START GIVEN RECORDS

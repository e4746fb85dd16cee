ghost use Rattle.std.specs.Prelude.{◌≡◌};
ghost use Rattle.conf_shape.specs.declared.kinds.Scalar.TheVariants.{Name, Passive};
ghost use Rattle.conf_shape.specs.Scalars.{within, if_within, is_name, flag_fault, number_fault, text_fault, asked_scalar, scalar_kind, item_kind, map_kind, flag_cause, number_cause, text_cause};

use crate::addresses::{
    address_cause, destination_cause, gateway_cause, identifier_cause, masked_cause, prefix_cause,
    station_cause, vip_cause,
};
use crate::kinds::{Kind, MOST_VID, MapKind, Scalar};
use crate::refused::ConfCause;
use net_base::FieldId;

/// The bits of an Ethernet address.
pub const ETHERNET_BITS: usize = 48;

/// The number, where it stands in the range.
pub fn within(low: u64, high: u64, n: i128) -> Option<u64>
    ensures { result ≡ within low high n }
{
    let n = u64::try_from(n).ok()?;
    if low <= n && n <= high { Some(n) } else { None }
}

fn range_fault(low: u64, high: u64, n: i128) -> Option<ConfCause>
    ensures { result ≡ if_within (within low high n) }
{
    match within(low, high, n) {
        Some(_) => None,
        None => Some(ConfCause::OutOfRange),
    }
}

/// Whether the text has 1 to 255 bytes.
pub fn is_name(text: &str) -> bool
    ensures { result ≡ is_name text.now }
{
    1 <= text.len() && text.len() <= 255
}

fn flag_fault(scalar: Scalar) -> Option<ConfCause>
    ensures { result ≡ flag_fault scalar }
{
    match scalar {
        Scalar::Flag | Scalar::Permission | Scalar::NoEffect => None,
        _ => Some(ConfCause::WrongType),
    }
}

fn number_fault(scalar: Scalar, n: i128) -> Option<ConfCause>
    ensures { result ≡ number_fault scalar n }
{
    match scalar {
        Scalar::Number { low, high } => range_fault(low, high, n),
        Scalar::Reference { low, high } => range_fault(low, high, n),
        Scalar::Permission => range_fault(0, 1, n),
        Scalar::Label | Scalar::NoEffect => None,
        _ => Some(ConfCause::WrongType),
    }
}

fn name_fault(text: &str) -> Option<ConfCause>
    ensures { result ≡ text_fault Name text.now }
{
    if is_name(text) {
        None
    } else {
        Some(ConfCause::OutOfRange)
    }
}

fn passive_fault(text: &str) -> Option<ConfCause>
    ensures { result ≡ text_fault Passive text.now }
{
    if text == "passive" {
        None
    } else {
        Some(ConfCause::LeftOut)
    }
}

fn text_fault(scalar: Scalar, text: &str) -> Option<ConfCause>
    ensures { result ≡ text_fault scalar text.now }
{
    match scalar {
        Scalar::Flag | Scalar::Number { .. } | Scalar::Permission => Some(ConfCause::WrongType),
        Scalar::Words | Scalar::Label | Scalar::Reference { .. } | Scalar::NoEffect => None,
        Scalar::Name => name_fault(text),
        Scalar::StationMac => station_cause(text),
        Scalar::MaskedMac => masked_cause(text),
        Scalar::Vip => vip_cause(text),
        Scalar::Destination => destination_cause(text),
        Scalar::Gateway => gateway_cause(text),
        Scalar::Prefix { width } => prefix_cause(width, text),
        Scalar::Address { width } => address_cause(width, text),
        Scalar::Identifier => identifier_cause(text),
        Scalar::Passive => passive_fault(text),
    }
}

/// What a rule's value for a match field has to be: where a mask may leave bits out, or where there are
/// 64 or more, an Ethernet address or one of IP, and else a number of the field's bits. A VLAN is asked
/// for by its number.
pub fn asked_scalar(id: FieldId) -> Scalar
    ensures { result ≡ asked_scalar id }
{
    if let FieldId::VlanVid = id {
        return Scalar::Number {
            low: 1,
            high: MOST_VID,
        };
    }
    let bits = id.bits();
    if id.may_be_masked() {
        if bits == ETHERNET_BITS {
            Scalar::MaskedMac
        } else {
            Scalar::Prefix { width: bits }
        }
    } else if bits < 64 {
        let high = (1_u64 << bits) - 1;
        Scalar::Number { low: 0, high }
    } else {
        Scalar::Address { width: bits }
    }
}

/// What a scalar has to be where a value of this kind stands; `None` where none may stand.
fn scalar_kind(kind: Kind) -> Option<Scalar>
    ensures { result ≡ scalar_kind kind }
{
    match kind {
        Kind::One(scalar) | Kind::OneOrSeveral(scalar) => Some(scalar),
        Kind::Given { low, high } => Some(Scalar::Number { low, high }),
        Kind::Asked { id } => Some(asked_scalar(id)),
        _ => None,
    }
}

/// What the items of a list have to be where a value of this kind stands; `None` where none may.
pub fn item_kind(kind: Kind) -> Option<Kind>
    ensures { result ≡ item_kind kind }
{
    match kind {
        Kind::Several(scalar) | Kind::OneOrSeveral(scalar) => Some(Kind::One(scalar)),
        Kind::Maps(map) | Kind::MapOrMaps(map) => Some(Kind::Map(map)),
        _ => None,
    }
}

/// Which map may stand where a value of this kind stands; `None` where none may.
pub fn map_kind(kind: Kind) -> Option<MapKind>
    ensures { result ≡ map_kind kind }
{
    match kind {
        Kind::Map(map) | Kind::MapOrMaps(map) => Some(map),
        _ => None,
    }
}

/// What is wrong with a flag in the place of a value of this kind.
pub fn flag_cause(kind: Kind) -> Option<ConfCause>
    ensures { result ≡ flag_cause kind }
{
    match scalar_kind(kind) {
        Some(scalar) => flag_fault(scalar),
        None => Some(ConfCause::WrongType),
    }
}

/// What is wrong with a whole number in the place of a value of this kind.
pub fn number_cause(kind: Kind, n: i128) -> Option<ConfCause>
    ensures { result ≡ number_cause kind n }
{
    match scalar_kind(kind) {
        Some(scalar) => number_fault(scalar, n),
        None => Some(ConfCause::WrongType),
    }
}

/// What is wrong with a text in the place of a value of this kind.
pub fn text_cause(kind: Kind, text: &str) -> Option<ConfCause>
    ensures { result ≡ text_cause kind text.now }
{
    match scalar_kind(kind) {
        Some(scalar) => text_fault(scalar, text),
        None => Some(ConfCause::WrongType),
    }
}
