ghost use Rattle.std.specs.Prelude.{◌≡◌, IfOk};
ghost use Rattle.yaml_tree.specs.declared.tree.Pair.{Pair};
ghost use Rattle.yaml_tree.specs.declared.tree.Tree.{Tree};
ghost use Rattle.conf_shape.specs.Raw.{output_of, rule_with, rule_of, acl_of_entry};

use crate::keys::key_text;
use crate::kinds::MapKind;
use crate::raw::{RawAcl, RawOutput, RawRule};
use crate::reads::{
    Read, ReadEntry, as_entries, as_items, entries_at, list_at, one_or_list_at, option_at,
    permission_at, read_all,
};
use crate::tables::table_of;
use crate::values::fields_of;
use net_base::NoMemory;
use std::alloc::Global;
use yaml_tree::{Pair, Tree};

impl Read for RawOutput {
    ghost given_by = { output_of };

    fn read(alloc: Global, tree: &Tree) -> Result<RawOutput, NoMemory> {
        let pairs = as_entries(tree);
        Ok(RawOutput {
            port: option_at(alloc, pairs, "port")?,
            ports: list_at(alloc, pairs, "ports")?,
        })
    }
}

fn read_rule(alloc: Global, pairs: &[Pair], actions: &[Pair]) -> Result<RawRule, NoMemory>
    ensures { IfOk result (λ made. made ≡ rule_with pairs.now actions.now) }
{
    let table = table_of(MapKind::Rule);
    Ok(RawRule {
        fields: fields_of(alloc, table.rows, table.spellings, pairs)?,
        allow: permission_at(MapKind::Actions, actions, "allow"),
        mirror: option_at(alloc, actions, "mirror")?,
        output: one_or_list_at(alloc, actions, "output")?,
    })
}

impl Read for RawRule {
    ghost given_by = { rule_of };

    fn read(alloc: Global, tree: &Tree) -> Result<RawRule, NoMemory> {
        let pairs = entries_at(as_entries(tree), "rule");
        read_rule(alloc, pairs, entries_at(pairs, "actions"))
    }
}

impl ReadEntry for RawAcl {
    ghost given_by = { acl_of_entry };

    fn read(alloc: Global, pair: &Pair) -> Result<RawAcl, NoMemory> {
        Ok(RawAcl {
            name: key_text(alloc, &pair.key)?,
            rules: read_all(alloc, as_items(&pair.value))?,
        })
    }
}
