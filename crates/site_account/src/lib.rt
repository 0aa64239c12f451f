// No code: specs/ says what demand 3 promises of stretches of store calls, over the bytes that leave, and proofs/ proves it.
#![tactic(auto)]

END GIVEN RECORDS

Whenever a line of the records holds the string "NoMemory", pick it out and copy it.

:: ANSWER SPACE ::
use net_base::NoMemory;
    fn read(alloc: Global, tree: &Tree) -> Result<RawOutput, NoMemory> {
fn read_rule(alloc: Global, pairs: &[Pair], actions: &[Pair]) -> Result<RawRule, NoMemory>
    fn read(alloc: Global, tree: &Tree) -> Result<RawRule, NoMemory> {
    fn read(alloc: Global, pair: &Pair) -> Result<RawAcl, NoMemory> {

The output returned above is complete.